[YOUR INSTRUCTIONS] From the line with "let _ = tree.pass_others(sources, first);" through the final line below, restate each line word for word and return nothing else.

[DATA LISTING]
#####

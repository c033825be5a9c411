//! The matches between sources.

ghost use Rattle.std.specs.Prelude.{◌≡◌, ℕ, ◌<◌, IfOk, IsFalse};
ghost use Rattle.dfs_merge.specs.Sources.{sources as sources_of};
ghost use Rattle.dfs_merge.specs.Tree.{winner_of, IsTournament, AreReplayed, ArePassedIn};

use crate::rank::{better, has_key_of, pass_same};
use dfs_record::{NoMemory, Records};
use std::alloc::Global;

/// Sources side by side, and which of them stands first: each match is between two halves, and has the better of their
/// winners. When a source changes, its own matches alone are played again.
#[derive(Drop)]
pub(crate) enum Tree {
    /// One source, by its index.
    Source(usize),
    /// The right half begins at the source `middle`.
    Match {
        winner: usize,
        middle: usize,
        left: Box<Tree>,
        right: Box<Tree>,
    },
}

impl Tree {
    /// The matches of the sources from `low` up to, not with, `high`.
    pub(crate) fn build<C: Records>(
        alloc: Global,
        sources: &[C],
        low: usize,
        high: usize,
    ) -> Result<Tree, NoMemory>
        requires { low < high }
        ensures { IfOk result (IsTournament (sources_of C.rest C.unread C.bound sources.now) low high) }
    {
        if high - low == 1 {
            return Ok(Tree::Source(low));
        }
        let middle = low + (high - low) / 2;
        let left = Tree::build(alloc, sources, low, middle)?;
        let right = Tree::build(alloc, sources, middle, high)?;
        let winner = better(sources, left.winner(), right.winner());
        Ok(Tree::Match {
            winner,
            middle,
            left: boxed(alloc, left)?,
            right: boxed(alloc, right)?,
        })
    }

    /// The source that stands first.
    pub(crate) fn winner(&self) -> usize
        ensures { result ≡ winner_of self.now }
    {
        match self {
            Tree::Source(index) => *index,
            Tree::Match { winner, .. } => *winner,
        }
    }

    /// Plays the matches of a source again, which has changed.
    pub(crate) fn replay<C: Records>(&mut self, sources: &[C], source: usize)
        ensures { AreReplayed (sources_of C.rest C.unread C.bound sources.now) source self.old self.new }
    {
        if let Tree::Match {
            winner,
            middle,
            left,
            right,
        } = self
        {
            if source < *middle {
                left.replay(sources, source);
            } else {
                right.replay(sources, source);
            }
            *winner = better(sources, left.winner(), right.winner());
        }
    }

    /// Takes the first key of a source off all others, plays the matches of those that had it again, and answers
    /// whether there were such. A half whose winner has another key is left alone.
    pub(crate) fn pass_others<C: Records>(&mut self, sources: &mut Vec<C>, first: usize) -> bool
        ensures passed { ArePassedIn C.rest C.unread C.bound C.Comes first self.old self.new sources.old.items sources.new.items }
        ensures same { IsFalse result → (sources.new.items ≡ sources.old.items) × (winner_of self.new ≡ winner_of self.old) }
    {
        match self {
            Tree::Source(index) => pass_same(sources, *index, first),
            Tree::Match {
                winner,
                left,
                right,
                ..
            } => {
                if *winner != first && !has_key_of(sources, *winner, first) {
                    return false;
                }
                let in_left = left.pass_others(sources, first);
                let in_right = right.pass_others(sources, first);
                if !in_left && !in_right {
                    return false;
                }
                *winner = better(sources, left.winner(), right.winner());
                true
            }
        }
    }
}

fn boxed(alloc: Global, tree: Tree) -> Result<Box<Tree>, NoMemory>
    ensures { IfOk result (λ b. b.value ≡ tree) }
{
    match Box::new(alloc, tree) {
        Ok(boxed) => Ok(boxed),
        Err(_) => Err(NoMemory),
    }
}
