//! The merge.

ghost use Rattle.std.specs.Prelude.{◌≡◌, ◌↔◌, ◌<◌, List, IfOk, length, map};
ghost use Rattle.dfs_record.specs.Delta.{merged};
ghost use Rattle.dfs_record.specs.Records.{Files};
ghost use Rattle.dfs_record.specs.declared.Record.{Record as OwnRecord};
ghost use Rattle.dfs_merge.specs.Laws.{rest_rises as merge_rises, bound_none as merge_bound_none, bound_above as merge_bound_above, comes_rises as merge_comes_rises, comes_begins as merge_comes_begins, comes_loaded as merge_comes_loaded, comes_one as merge_comes_one};
ghost use Rattle.dfs_merge.specs.Sources.{sources as sources_of, merged_rest, all_unread, least_bound, MergedComes, IsMergePassed};
ghost use Rattle.dfs_merge.specs.Tree.{IsTournament};

use crate::rank::head_at;
use crate::tree::Tree;
use dfs_record::{Head, NoMemory, Records};
use std::alloc::Global;
use std::marker::Model;

/// The merged list of its sources, oldest first: each key once, with the value of the last source that has it.
#[derive(Drop)]
pub struct Merge<C: Records> {
    sources: Vec<C>,
    tree: Option<Tree>,
}

impl<C: Records> Model for Merge<C> {
    ghost use Rattle.std.specs.Prelude.{List};
    ghost use Rattle.dfs_merge.specs.Sources.{sources as sources_of};
    ghost use Rattle.dfs_merge.specs.Tree.{IsTreeOf};

    ghost Value = { List C };

    ghost view = { λ m. m.sources.items };

    ghost invariant = { λ m. IsTreeOf (sources_of C.rest C.unread C.bound m.sources.items) m.tree };
}

impl<C: Records + Drop> Merge<C> {
    /// The merge of these sources, oldest first. It is the only call that takes memory.
    pub fn new(alloc: Global, sources: Vec<C>) -> Result<Merge<C>, NoMemory>
        ensures sources { IfOk result (λ merge. merge ≡ sources.items) }
        ensures rest { IfOk result (λ merge. ⟦<Merge<C> as Records>⟧.rest merge ≡ merged_rest (sources_of C.rest C.unread C.bound sources.items)) }
        ensures whole { all_unread (sources_of C.rest C.unread C.bound sources.items) ≡ 0 → IfOk result (λ merge. ⟦<Merge<C> as Records>⟧.rest merge ≡ merged (map C.rest sources.items)) }
        ensures unread { IfOk result (λ merge. ⟦<Merge<C> as Records>⟧.unread merge ≡ all_unread (sources_of C.rest C.unread C.bound sources.items)) }
        ensures comes { (files : Files) (l : List OwnRecord) → IfOk result (λ merge. ⟦<Merge<C> as Records>⟧.Comes merge files l ↔ MergedComes C.Comes sources.items files l) }
        ensures bound { IfOk result (λ merge. ⟦<Merge<C> as Records>⟧.bound merge ≡ least_bound (sources_of C.rest C.unread C.bound sources.items)) }
    {
        let tree = if sources.is_empty() {
            None
        } else {
            Some(Tree::build(alloc, &sources, 0, sources.len())?)
        };
        Ok(Merge { sources, tree })
    }
}

impl<C: Records> Records for Merge<C> {
    ghost rest = { λ s. merged_rest (sources_of C.rest C.unread C.bound s) };

    ghost unread = { λ s. all_unread (sources_of C.rest C.unread C.bound s) };

    ghost bound = { λ s. least_bound (sources_of C.rest C.unread C.bound s) };

    ghost Comes = { λ s files l. MergedComes C.Comes s files l };

    fn head(&self) -> Head<'_> {
        match &self.tree {
            None => Head::End,
            Some(tree) => head_at(&self.sources, tree.winner()),
        }
    }

    fn advance(&mut self) {
        if let Some(tree) = &mut self.tree {
            pass(tree, &mut self.sources);
        }
    }

    ghost rest_rises = { λ s. merge_rises (sources_of C.rest C.unread C.bound s) };

    ghost bound_none = { λ s. merge_bound_none C.rest C.unread C.bound C.bound_none s };

    ghost bound_above = { λ s. merge_bound_above C.rest C.unread C.bound C.bound_none C.bound_above s };

    ghost comes_rises = { λ s files l h. merge_comes_rises C.rest C.unread C.bound C.Comes files (λ t m e. record { rises = C.comes_rises t files m e; begins = C.comes_begins t files m e; loaded = C.comes_loaded t files m e }) s l h };

    ghost comes_begins = { λ s files l h. merge_comes_begins C.rest C.unread C.bound C.Comes files (λ t m e. record { rises = C.comes_rises t files m e; begins = C.comes_begins t files m e; loaded = C.comes_loaded t files m e }) s l h };

    ghost comes_loaded = { λ s files l h. merge_comes_loaded C.rest C.unread C.bound C.Comes files (λ t m e. record { rises = C.comes_rises t files m e; begins = C.comes_begins t files m e; loaded = C.comes_loaded t files m e }) s l h };

    ghost comes_one = { λ s files. merge_comes_one C.Comes files (λ t. C.comes_one t files) s };
}

/// Takes the first key off all sources.
fn pass<C: Records>(tree: &mut Tree, sources: &mut Vec<C>)
    requires tree { IsTournament (sources_of C.rest C.unread C.bound sources.old.items) 0 (length sources.old.items) tree.old }
    requires some { 0 < length (merged_rest (sources_of C.rest C.unread C.bound sources.old.items)) }
    ensures passed { IsMergePassed C.rest C.unread C.bound C.Comes sources.old.items sources.new.items }
    ensures tree { IsTournament (sources_of C.rest C.unread C.bound sources.new.items) 0 (length sources.new.items) tree.new }
{
    let first = tree.winner();
    let _ = tree.pass_others(sources, first);
    sources[first].advance();
    tree.replay(sources, first);
}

#####

[ANSWER FOR THIS EXERCISE]
    let _ = tree.pass_others(sources, first);
    sources[first].advance();
    tree.replay(sources, first);
}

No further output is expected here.